W wywiadzie dla El Pais Pedro wyjaśnia, że "byłoby mi łatwo pozostać w Barçy, pozować do zdjęć, kolekcjonować tytuły i zarabiać duże pieniądze. Miałem poukładane życie, ale czułem, że musiałem odejść. Żyło mi się wygodnie, kiedy siedziałem na ławce, ale ja chciałem grać. Zobaczymy jak będzie".
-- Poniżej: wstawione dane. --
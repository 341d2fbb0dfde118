//! What a stop may leave of a device, before and after its calls, stated as laws.

ghost use Rattle.std.specs.Prelude.{◌≡◌, ◌≢◌, ◌⊎◌, ℕ, List, Option, Some, None};
ghost use Rattle.sd_base.specs.Disk.{BlockState, MayHold, IsOutcome, IsCovered, IsFreeFor, IsLawful};
ghost use Rattle.sd_base.specs.Calls.{Narrows, NarrowsBut, NoNewWriter, NoNewWriterBut, KeepsForeign, KeepsForeignBut};

/// What every stop leaves of a device: of a covered block its content, and of a device without an
/// uncovered write exactly one outcome, the contents.
pub fn law_of_covered_devices()
    ensures covered { (b : ℕ → BlockState) (image : ℕ → Option (List ℕ)) (k : ℕ) → IsOutcome b image → IsCovered b k → image k ≡ (b k).current }
    ensures contents { (b : ℕ → BlockState) → ((k : ℕ) → IsLawful b k) → IsOutcome b (λ k. (b k).current) }
    ensures alone { (b : ℕ → BlockState) (image : ℕ → Option (List ℕ)) → ((k : ℕ) → IsLawful b k) → ((k : ℕ) → (b k).writer ≡ None) → IsOutcome b image → (k : ℕ) → image k ≡ (b k).current }
{}

/// What held for every outcome before a call holds for every outcome after it; a write adds its
/// content at its block, and nothing else.
pub fn law_of_outcomes()
    ensures call { (old new : ℕ → BlockState) (image : ℕ → Option (List ℕ)) → Narrows old new → IsOutcome new image → IsOutcome old image }
    ensures write { (at : ℕ) (content : List ℕ) (old new : ℕ → BlockState) (image : ℕ → Option (List ℕ)) → NarrowsBut at content old new → IsOutcome new image → (k : ℕ) → MayHold old k (image k) ⊎ ((k ≡ at) × (image k ≡ Some content)) }
{}

/// The outcomes after two calls, of which one may be a write.
pub fn law_of_two_calls()
    ensures calls { (a b c : ℕ → BlockState) → Narrows a b → Narrows b c → Narrows a c }
    ensures write_first { (at : ℕ) (content : List ℕ) (a b c : ℕ → BlockState) → NarrowsBut at content a b → Narrows b c → NarrowsBut at content a c }
    ensures write_last { (at : ℕ) (content : List ℕ) (a b c : ℕ → BlockState) → Narrows a b → NarrowsBut at content b c → NarrowsBut at content a c }
{}

/// The calls of one port leave alone what other ports have not covered, one call or several.
pub fn law_of_foreign_blocks()
    ensures uncovered { (n m k : ℕ) (old new : ℕ → BlockState) → n ≢ m → KeepsForeign n old new → (old k).writer ≡ Some m → new k ≡ old k }
    ensures calls { (n : ℕ) (a b c : ℕ → BlockState) → KeepsForeign n a b → KeepsForeign n b c → KeepsForeign n a c }
    ensures write_first { (at n : ℕ) (a b c : ℕ → BlockState) → KeepsForeignBut at n a b → KeepsForeign n b c → KeepsForeignBut at n a c }
    ensures write_last { (at n : ℕ) (a b c : ℕ → BlockState) → KeepsForeign n a b → KeepsForeignBut at n b c → KeepsForeignBut at n a c }
{}

/// A block that a port may write stays one through the port's calls.
pub fn law_of_free_blocks()
    ensures call { (n k : ℕ) (old new : ℕ → BlockState) → NoNewWriter old new → IsFreeFor n (old k) → IsFreeFor n (new k) }
    ensures write { (at n k : ℕ) (old new : ℕ → BlockState) → NoNewWriterBut at n old new → IsFreeFor n (old k) → IsFreeFor n (new k) }
{}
O Leo Messim powiedział natomiast, że "jest świetnym kolegą, genialnym człowiekiem. Wiele razem przeszliśmy, wiele spotkań, bramek. Dobrze mnie zna". Dodał również: - będę bardzo tęsknił za Leo, to pewne. Dziwnie było założyć koszulkę Chelsea, wyobrazić sobie siebie na murawie po takim czasie, ale również brak możliwości gry z Messim, Albą, Busim czy Andrésem wydaje mi się dziwny. Na szczęście dopóki Del Bosque nie zdecyduje inaczej wciąż mogę grać z nimi w reprezentacji, ale za Leo będę tęsknił".
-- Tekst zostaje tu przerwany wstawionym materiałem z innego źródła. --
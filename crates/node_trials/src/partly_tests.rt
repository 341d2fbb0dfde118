//! A transaction goes on after some of its updates were taken back.

use crate::reading::{check_log, check_page};
use crate::records::{PAGE, abort, append, commit, cut, of, restore, set};
use crate::seat_bench::SeatBench;
use crate::steps::{Act, Step, row, run};
use crate::store::{MAP, new_bench};
use log_record::LogRecord;
use std::process::Abort;
use std::test::Fail;

/// A transaction is committed, and then one is taken back in part again and again, and goes on each time.
fn steps() -> [Step; 19] {
    [
        row(5, Act::Begin, 1, Some(0), &[5]),
        row(5, Act::Put(9, b"old"), 2, Some(0), &[5]),
        row(5, Act::Commit, 0, None, &[]),
        row(2, Act::Begin, 1, Some(3), &[2]),
        row(2, Act::Put(0, b"a"), 2, Some(3), &[2]),
        row(2, Act::Put(9, b"b"), 3, Some(3), &[2]),
        row(2, Act::Append(5, b"xyz"), 4, Some(3), &[2]),
        row(2, Act::TakeBack(6), 3, Some(3), &[2]),
        row(2, Act::TakeBack(5), 2, Some(3), &[2]),
        row(2, Act::Put(9, b"c"), 3, Some(3), &[2]),
        row(2, Act::Append(9, b"d"), 4, Some(3), &[2]),
        row(2, Act::TakeBack(10), 3, Some(3), &[2]),
        row(2, Act::TakeBack(9), 2, Some(3), &[2]),
        row(2, Act::Delete(9), 3, Some(3), &[2]),
        row(2, Act::TakeBack(13), 2, Some(3), &[2]),
        row(2, Act::TakeBack(4), 1, Some(3), &[2]),
        row(2, Act::Append(0, b"z"), 2, Some(3), &[2]),
        row(2, Act::TakeBack(16), 1, Some(3), &[2]),
        row(2, Act::EndAbort, 0, None, &[]),
    ]
}

/// What is in the log then. Records 9, 13 and 16 are updates with a compensation before them: what is
/// taken back behind them is what that one says.
fn records(rt: &impl Abort) -> [LogRecord; 19] {
    [
        LogRecord::Begin,
        set(rt, of(0, 0, 5), 9, None, Some(b"old")),
        commit(0, 1),
        LogRecord::Begin,
        set(rt, of(3, 3, 6), 0, None, Some(b"a")),
        set(rt, of(3, 4, 7), 9, Some(b"old"), Some(b"b")),
        append(rt, of(3, 5, 8), 5, None, b"xyz"),
        cut(of(3, 6, 9), 5, 5, None),
        restore(rt, of(3, 7, 10), 4, 9, Some(b"old")),
        set(rt, of(3, 8, 11), 9, Some(b"old"), Some(b"c")),
        append(rt, of(3, 9, 12), 9, Some(1), b"d"),
        cut(of(3, 10, 13), 9, 9, Some(1)),
        restore(rt, of(3, 11, 14), 4, 9, Some(b"old")),
        set(rt, of(3, 12, 15), 9, Some(b"old"), None),
        restore(rt, of(3, 13, 16), 4, 9, Some(b"old")),
        restore(rt, of(3, 14, 17), 3, 0, None),
        append(rt, of(3, 15, 18), 0, None, b"z"),
        cut(of(3, 16, 19), 3, 0, None),
        abort(3, 17),
    ]
}

#[test]
fn a_transaction_goes_on_behind_a_compensation(rt: HostRuntime) -> Result<(), Fail> {
    let mut bench = SeatBench::new(new_bench(rt.alloc(), 1)?);
    bench.fetch_all(&rt, &[MAP, PAGE]);
    run(&rt, &mut bench, &steps());
    check_page(&rt, &bench.bench, 20, &[(9, b"old")]);
    let mut remains = bench.end(0);
    check_log(&rt, &mut remains.disk, &records(&rt))?;
    Ok(())
}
Pedro uważa, że jego odejście za 30 milionów euro nie było przysługą dla Barcelony. - Myślę, że nie chcieli mnie sprzedać. Nawet za 200 milionów nie cofnąłbym tego, co dał mi klub przez te wszystkie lata - powiedział. Kanaryjczyk docenił również zrozumienie Bartomeu i pomoc kolegów. - Również Iniesta uczynił coś, czego nie zapomnę. Jako kapitan poszedł porozmawiać w imieniu drużyny i prosić o zrozumienie i pomoc dla mnie. To z kolegami właśnie najwięcej rozmawiałem o odejściu - wyjaśnił.
Pedro dodał, że skontaktował się z Chelsea za pośrednictwem przyjaciela Cesca Fàbregasa, który zapytał, czy nie chciałby porozmawiać przez telefon z José Mourinho. - Była to kwestia dni. Zaczęło się od telefonu do Cesa, następnie rozmawiałem z Mou i to było kluczowe dla mojej decyzji, ponieważ sprawił, że poczułem się ważny, zaufał mi.
Zapytany, czy wyobraża sobie powrót na Camp Nou i strzelenie gola przeciwko Barcelonie w finale Ligi Mistrzów, Pedro odpowiada: - nie chcę o tym myśleć, nigdy nie będę celebrował bramki zdobytej przeciwko Barçy, a już w szczególności w finale. Nie wyobrażam sobie trudniejszego rywala do pokonania. Jeśli los tak zdecyduje, to tak będzie, ale gdyby zależało to ode mnie, to nie chcę grać przeciwko Barcelonie.